Stage 1: Break down the problem to that of covering a single interval.

Find the union of pairs in $A$ as follows: Sort the intervals in $A$ by their starting position. Go over them to find the first point that is not covered. Create an interval for this part. Repeat this starting from the left point of the next interval. At the end we will have a list of non-overlapping intervals. Call it $C$.

Note that we can break down the problem to the problem of covering a single interval in $C$. There are no intervals in $A$ that intersect more than one interval in $C$. So the problem is reduced to the problem of covering a given interval $[l,r]$ with the smallest number of intervals from $A$.

Stage 2: Find the smallest cover for each interval in $C$ using dynamic programming.

We use dynamic programming. Note that we only need to care about the end-points of intervals in $A$ that fall in $[l,r]$.

Sort the intervals in the increasing order according to their right end-points.

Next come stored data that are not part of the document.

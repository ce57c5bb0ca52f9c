// Cases as text: a line is a question, and its answer is a text (docs/CASES.md).
#![tactic(auto)]

mod calls;
pub mod lines;
mod say;
mod table;
pub mod words;

ghost use Rattle.std.specs.Prelude.{◌≡◌};
ghost use Rattle.cases.specs.{Say.Says, Say.Answered, Cases.case_text, Cases.is_case, Cases.answer_to};

use base::Writer;
use calls::chip_at;
use config::ClockConfig;
use export::dizbaral_core_voltage;
use numbers::answers;
use numbers::fields::{byte_at, pll_at};
use say::{write_found, write_one, write_plan, write_planned};
use table::Case;
use text::find_named;
use words::{Words, first_word};

// Answers a case from its words; a case's first word of hex is SHEET.
fn write_case(out: &mut Writer<'_, u8>, case: Case, words: &Words)
    ensures { Says out.old (case_text case words.now) out.new }
{
    let n = &words.row;
    match case {
        Case::Valid => write_one(out, u64::from(pll_at(n, 1).is_valid(n[0]))),
        Case::Output => write_one(
            out,
            answers::number(pll_at(n, 1).output_frequency(n[0]).map(u64::from)),
        ),
        Case::Search => write_found(out, pll::find_pll_params(n[0], n[1])),
        Case::UsbPll => write_found(out, pll::usb::find_usb_pll(n[0])),
        Case::Book => write_found(out, speed_book::lookup(n[0])),
        Case::Margin => say::write_margin(out, margin::target_margin(n[0], n[1])),
        Case::Voltage => say::write_level(out, dizbaral_core_voltage(byte_at(n, 0), byte_at(n, 1))),
        Case::Pio => write_one(out, export::dizbaral_pio_divider(n[0], n[1])),
        Case::Gpout => calls::write_gpout(out, n),
        Case::Wait => write_one(out, u64::from(bring_up::longest_wait(n[0]))),
        Case::List => calls::write_list(out, n),
        Case::Crystal => write_plan(out, ClockConfig::crystal(chip_at(n), n[1])),
        Case::Rosc => write_plan(out, ClockConfig::rosc(chip_at(n))),
        Case::Default => write_plan(out, ClockConfig::default(chip_at(n))),
        Case::System => write_planned(out, ClockConfig::system_freq(chip_at(n), n[1])),
        Case::SystemFrom => write_planned(
            out,
            ClockConfig::system_freq_from(chip_at(n), n[1], n[2]),
        ),
        Case::Manual => calls::write_manual(out, n),
        Case::Sheet => calls::write_sheet(out, words),
        Case::Read => write_planned(out, readback::read_sheet(words.sheet_at(0), byte_at(n, 1))),
        Case::Start => calls::write_start(out, words),
        Case::Run => calls::write_run(out, words),
        Case::BenchStart => calls::write_bench_start(out, words),
        Case::BenchRun => calls::write_bench_run(out, words),
        Case::Sleep => calls::write_change(out, false, n),
        Case::Wake => calls::write_change(out, true, n),
    }
}

// Whether a word is the name of a case.
pub fn is_case(word: &[u8]) -> bool
    ensures { result ≡ is_case word.now }
{
    find_named(&Case::ALL, word).is_some()
}

// Writes the answer to a line; of a line that is no case it is malformed.
#[tactic(auto, unfolding(crate::specs::Cases::answer_to))]
pub fn write_answer(out: &mut Writer<'_, u8>, line: &[u8])
    ensures { Says out.old (answer_to line.now) out.new }
{
    let (name, rest) = first_word(line);
    let Some(case) = find_named(&Case::ALL, name) else {
        return write_one(out, answers::MALFORMED);
    };
    let mut words = Words::unread();
    if words.fill(case.letters(), rest) {
        write_case(out, case, &words);
    } else {
        write_one(out, answers::MALFORMED);
    }
}

// Writes the answer to a line at the buffer's start and answers the index after it; a refusal is text there too.
pub fn answer(line: &[u8], out: &mut [u8]) -> usize
    ensures { Answered out.old (answer_to line.now) result out.new }
{
    let mut out = Writer::new(out);
    write_answer(&mut out, line);
    out.at
}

If an interval is contained in another one remove it (remove redundant intervals).

Let $I_1,\cdots,I_n$ be the list of intervals in $A$. Let $l_k$ and $r_k$ refer to the index of the left and right end-points of interval $I_k$. Let the end-points of intervals in $A$ be $l=p_1< \cdots < p_m=r$.

We will use the dynamic programming with the following table:

$T[j,k]= \text{the size of smallest cover of $[p_1,p_j]$ using the first $k$ intervals.}$

In the following we explain how to compute $T[j,k]$.

If $j > r_k$ we cannot cover the interval as it is the interval with the right most end-point among $I_1,\cdots,I_k$. So there is no covering and we save value $\infty$.

In case $j \leq r_k$, we consider two cases: we use $I_k$ or we don't use it.

If we use $I_k$, we look for the smallest cover of $[p_1,p_{l_k}]$ with the first $k-1$ intervals. So we look at $T[l_k,k-1]$ and add one.

If we don't use $I_k$, we look for the smallest cover of $[p_1,p_j]$ with the first $k-1$ intervals. So we look at $T[j,k-1]$.

$$T[j,k] = \begin{cases} \min \{T[j,k-1] ,T[l_k,k-1]+1\} & j \leq r_k \\ \infty & o.w. \end{cases}$$

Analysis: The worst-case running-time of the algorithm (on a RAM machine) is $O(n^2)$ where $n$ is the number of intervals.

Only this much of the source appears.